The parades and carload lots of young San Francisco met and mingled at the garden gate, and the block between Ridley and Fourteenth streets looked like an army of children afloat on a sea of blossoms. The General arrived at 11:30 in the big barouche, and accompanied by Superintendent of Schools A. L. Mann and the Board of Education, headed by President Hiester. They all wore shiny silk hats and looked as happy as the children that spread blossoms in their pathway as they headed for the big pavilion, where the tiers of galleries were groaning under the weight of happy restless childhood.

There the first part of the programme, including speechmaking went off merrily. It was arranged that in the amphitheater the General and the children were to come into closer communion. That amphitheater at Woodward’s always was the abiding place of a demon of mischief, and under his baneful guidance boys were known to do outlandish and unaccountable things. The General and his party were to take up position on a platform by the bear pit, and all would have gone off well had it not been for the despicable amphitheater demon. Certain it is that the trouble was not started by any of the boys, who had heartily forgiven the supposed sight of being overlooked. Certain it is the demon that day boldly pushed his way into the front ranks, and grabbing a huge bouquet from the hands of a boy hurled it at the distinguished group on the way to the amphitheater. It caught the shiny tile of Superintendent Mann and sent it whirling. Again and again did the demon snatch bouquets, always the biggest and hardest, and pick out another shiny hat. Then, with a malignancy almost inconceivable, the demon, who was possessed of ventriloquial powers, imitated the voices of well-known teachers and cried: “Throw your bouquets, boys!” What was to be done but to obey and not think about whys and wherefores? The order was obeyed with alacrity and hundreds of bouquets made up a floral fusillade. It began to look as if it might be another Tarpeian affair, with the amphitheater tunnel under Fourteenth street representing the famous Roman gateway, and the General and his hosts playing the part of Tarpeia in manifold and being buried beneath an avalanche of bouquets, instead of heavy shields of Sabine warriors. The children, of course, were careful to avoid hitting their military hero, but the irrepressible demon was not satisfied and, within a roar of glee, took a shy at the General’s tile and sent it spinning, even as all the others. Then, as a gasp of horror went around, he gave a final chortle and disappeared in his mysterious retreat behind the big monkey cage, leaving the General hatless, and perhaps considering the advisability of amending his famous saying about keeping up a fight along certain lines if it took all summer. But, happily, the battle was over. Not another bouquet was thrown. There wasn’t one left in the throng.

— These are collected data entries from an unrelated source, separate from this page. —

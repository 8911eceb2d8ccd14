// What a refining call gives, and the seam of two calls: definitions in specs/, laws in proofs/. No function.
#![tactic(auto)]
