//! A step of the plain machine is a step of the ideal machine seen through its places. Theorems over definitions; no code.
#![tactic(auto)]
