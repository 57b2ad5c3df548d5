//! Constant vectors, and vectors whose bits move: by each bit of a count in turn, lowest first, the bits move by its weight or stay. What
//! comes in at the end is 0 or a copy of the top bit, and X and Z move as they are, so pairs move, and not the words of aig_words.

ghost use Rattle.std.specs.Prelude.{◌≡◌, ℕ, ◌^◌, ◌+◌, ◌-◌, ◌*◌, ◌<◌, ◌≤◌, IfOk, length, min, if◌then◌else◌};
ghost use Rattle.std.specs.List.{All};
ghost use Rattle.aig.specs.Graph.{holds, IsIn};
ghost use Rattle.aig_words.specs.Words.{number, Grew, IsWord, Obeyed};
ghost use Rattle.fourvec.specs.Bits as vectors;
ghost use Rattle.fourvec.specs.Bits.{is_known, all_x};
ghost use Rattle.pair_words.specs.Rails.{bits, IsWired, IsVector};
ghost use Rattle.pair_words.specs.Ways.{constants, constant_pair, moved, moved_bits, FillsFrom};

use crate::choices::{pick_vector, vector_or_x};
use crate::numbers::{some, uppers};
use crate::pairs::Pair;
use crate::vectors::known;
use aig::{Aig, Lit};
use fourvec::Bit;
use std::alloc::{AllocError, Global};

/// Where bits move: up, with 0 for what comes in, or down, with a pair for what comes in.
#[derive(Clone, Copy)]
pub enum Way {
    Up,
    Down(Pair),
}

fn constants(up: bool, low: bool) -> Pair
    ensures { result ≡ constants up low }
{
    Pair {
        up: Lit::constant(up),
        low: Lit::constant(low),
    }
}

/// The pair that stands for a bit.
pub fn constant(bit: Bit) -> Pair
    ensures { result ≡ constant_pair bit }
{
    match bit {
        Bit::Zero => constants(false, false),
        Bit::One => constants(true, true),
        Bit::Unknown => constants(true, false),
        Bit::Floating => constants(false, true),
    }
}

// Every pair moved by k places.
fn move_by(alloc: Global, way: Way, a: &[Pair], k: usize) -> Result<Vec<Pair>, AllocError>
    requires { k ≤ length a.now }
    ensures { IfOk result (λ r. r.items ≡ moved way k a.now) }
{
    match way {
        Way::Up => {
            let mut word = Vec::new(alloc);
            word.resize(k, constant(Bit::Zero))?;
            word.extend_from_slice(&a[..a.len() - k])?;
            Ok(word)
        }
        Way::Down(fill) => {
            let mut word = Vec::from_slice(alloc, &a[k..])?;
            word.resize(a.len(), fill)?;
            Ok(word)
        }
    }
}

// Twice a distance, at most the length.
fn doubled(k: usize, most: usize) -> usize
    requires { k ≤ most }
    ensures { result ≡ min (2 * k) most }
{
    if k <= most - k { k + k } else { most }
}

// The vector, moved by k places where a condition is true.
fn moved_where(
    alloc: Global,
    aig: &mut Aig,
    way: Way,
    a: &[Pair],
    k: usize,
    c: Lit,
) -> Result<Vec<Pair>, AllocError>
    requires far { k ≤ length a.now }
    requires node { 0 < length aig.old }
    requires way_in { FillsFrom aig.old way }
    requires a_in { All (IsWired aig.old) a.now }
    requires c_in { IsIn aig.old c }
    ensures grew { Grew (6 * length a.now) aig.old aig.new }
    ensures word { IfOk result (λ r. IsVector aig.new (length a.now) r.items) }
    ensures value { IfOk result (λ r. Obeyed aig.new (λ v. bits v r.items ≡ (if holds v c then moved_bits v way k (bits v a.now) else bits v a.now))) }
{
    let moved = move_by(alloc, way, a, k)?;
    pick_vector(alloc, aig, c, &moved, a)
}

// The vector moved by the number of a word: by each bit's weight in turn.
fn shifted(
    alloc: Global,
    aig: &mut Aig,
    way: Way,
    a: &[Pair],
    b: &[Lit],
) -> Result<Vec<Pair>, AllocError>
    requires some { 0 < length a.now }
    requires way_in { FillsFrom aig.old way }
    requires a_in { All (IsWired aig.old) a.now }
    requires b_in { All (IsIn aig.old) b.now }
    ensures grew { Grew (6 * length a.now * length b.now) aig.old aig.new }
    ensures word { IfOk result (λ r. IsVector aig.new (length a.now) r.items) }
    ensures value { IfOk result (λ r. Obeyed aig.new (λ v. bits v r.items ≡ moved_bits v way (number v b.now) (bits v a.now))) }
{
    let mut word = Vec::from_slice(alloc, a)?;
    let mut k: usize = 1;
    for j in 0..b.len() {
        word = moved_where(alloc, aig, way, &word, k, b[j])?;
        k = doubled(k, a.len());
    }
    Ok(word)
}

// The least number of bits in which a number as great as this one fits, counting by powers of 2 up to it.
fn stages(most: usize) -> usize
    requires { 0 < most }
    ensures { most ≤ 2 ^ result }
{
    let mut k: usize = 1;
    for n in 0..64 {
        if most <= k {
            return n;
        }
        k = doubled(k, most);
    }
    64
}

// The lowest n bits of a word, and above them whether some higher bit is 1: as good a distance for what moves by 2 ^ n at most.
fn capped(alloc: Global, aig: &mut Aig, b: &[Lit], n: usize) -> Result<Vec<Lit>, AllocError>
    requires more { n < length b.now }
    requires b_in { All (IsIn aig.old) b.now }
    ensures grew { Grew (4 * length b.now) aig.old aig.new }
    ensures word { IfOk result (λ r. IsWord aig.new (n + 1) r.items) }
    ensures value { IfOk result (λ r. Obeyed aig.new (λ v. (most : ℕ) → most ≤ 2 ^ n → min (number v r.items) most ≡ min (number v b.now) most)) }
{
    let far = some(alloc, aig, &b[n..])?;
    let mut word = Vec::from_slice(alloc, &b[..n])?;
    word.push(far)?;
    Ok(word)
}

// The vector moved by the number of a word. A bit of the word whose weight is past the vector's length moves all out, so those bits
// are taken together.
fn moved_far(
    alloc: Global,
    aig: &mut Aig,
    way: Way,
    a: &[Pair],
    b: &[Lit],
) -> Result<Vec<Pair>, AllocError>
    requires some { 0 < length a.now }
    requires way_in { FillsFrom aig.old way }
    requires a_in { All (IsWired aig.old) a.now }
    requires b_in { All (IsIn aig.old) b.now }
    ensures grew { Grew (6 * length a.now * length b.now + 4 * length b.now) aig.old aig.new }
    ensures word { IfOk result (λ r. IsVector aig.new (length a.now) r.items) }
    ensures value { IfOk result (λ r. Obeyed aig.new (λ v. bits v r.items ≡ moved_bits v way (number v b.now) (bits v a.now))) }
{
    let near = stages(a.len());
    if b.len() <= near {
        return shifted(alloc, aig, way, a, b);
    }
    let by = capped(alloc, aig, b, near)?;
    shifted(alloc, aig, way, a, &by)
}

/// The vector moved by the number of another, all X where that has an unknown bit.
pub fn shift(
    alloc: Global,
    aig: &mut Aig,
    way: Way,
    a: &[Pair],
    b: &[Pair],
) -> Result<Vec<Pair>, AllocError>
    requires some { 0 < length a.now }
    requires node { 0 < length aig.old }
    requires way_in { FillsFrom aig.old way }
    requires a_in { All (IsWired aig.old) a.now }
    requires b_in { All (IsWired aig.old) b.now }
    ensures grew { Grew (6 * length a.now * length b.now + 8 * length b.now + 2 * length a.now) aig.old aig.new }
    ensures word { IfOk result (λ r. IsVector aig.new (length a.now) r.items) }
    ensures value { IfOk result (λ r. Obeyed aig.new (λ v. bits v r.items ≡ (if is_known (bits v b.now) then moved_bits v way (vectors.number (bits v b.now)) (bits v a.now) else all_x (length a.now)))) }
{
    let fine = known(aig, b)?;
    let by = uppers(alloc, b)?;
    let plain = moved_far(alloc, aig, way, a, &by)?;
    vector_or_x(alloc, aig, fine, &plain)
}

Before the confusion was straightened out the General had one more ordeal. A pretty buxom girl suddenly broke from the ranks, and, throwing her arms about his neck, made him the victim of an unconditional surrender to an osculatory caress, the smack of which could be heard over in the camel paddock.

With the restoration of order the bear pit was reached, the children passed in review and the General shook hands with as many as he could, and even smiled genially upon the horde of autograph seekers that attacked him and signed his name a hundred times or more.

All in all, it was a gladsome day of frolic with the great General and ex-President. Do you remember it? Does not the remembrance of it assail you at times like a whiff from Riley’s “Orchard Lands of Long Ago” or an echo of the old times. “When Sally Brown and I (or you) Slid Down Old Grimes’ Cellar Door”?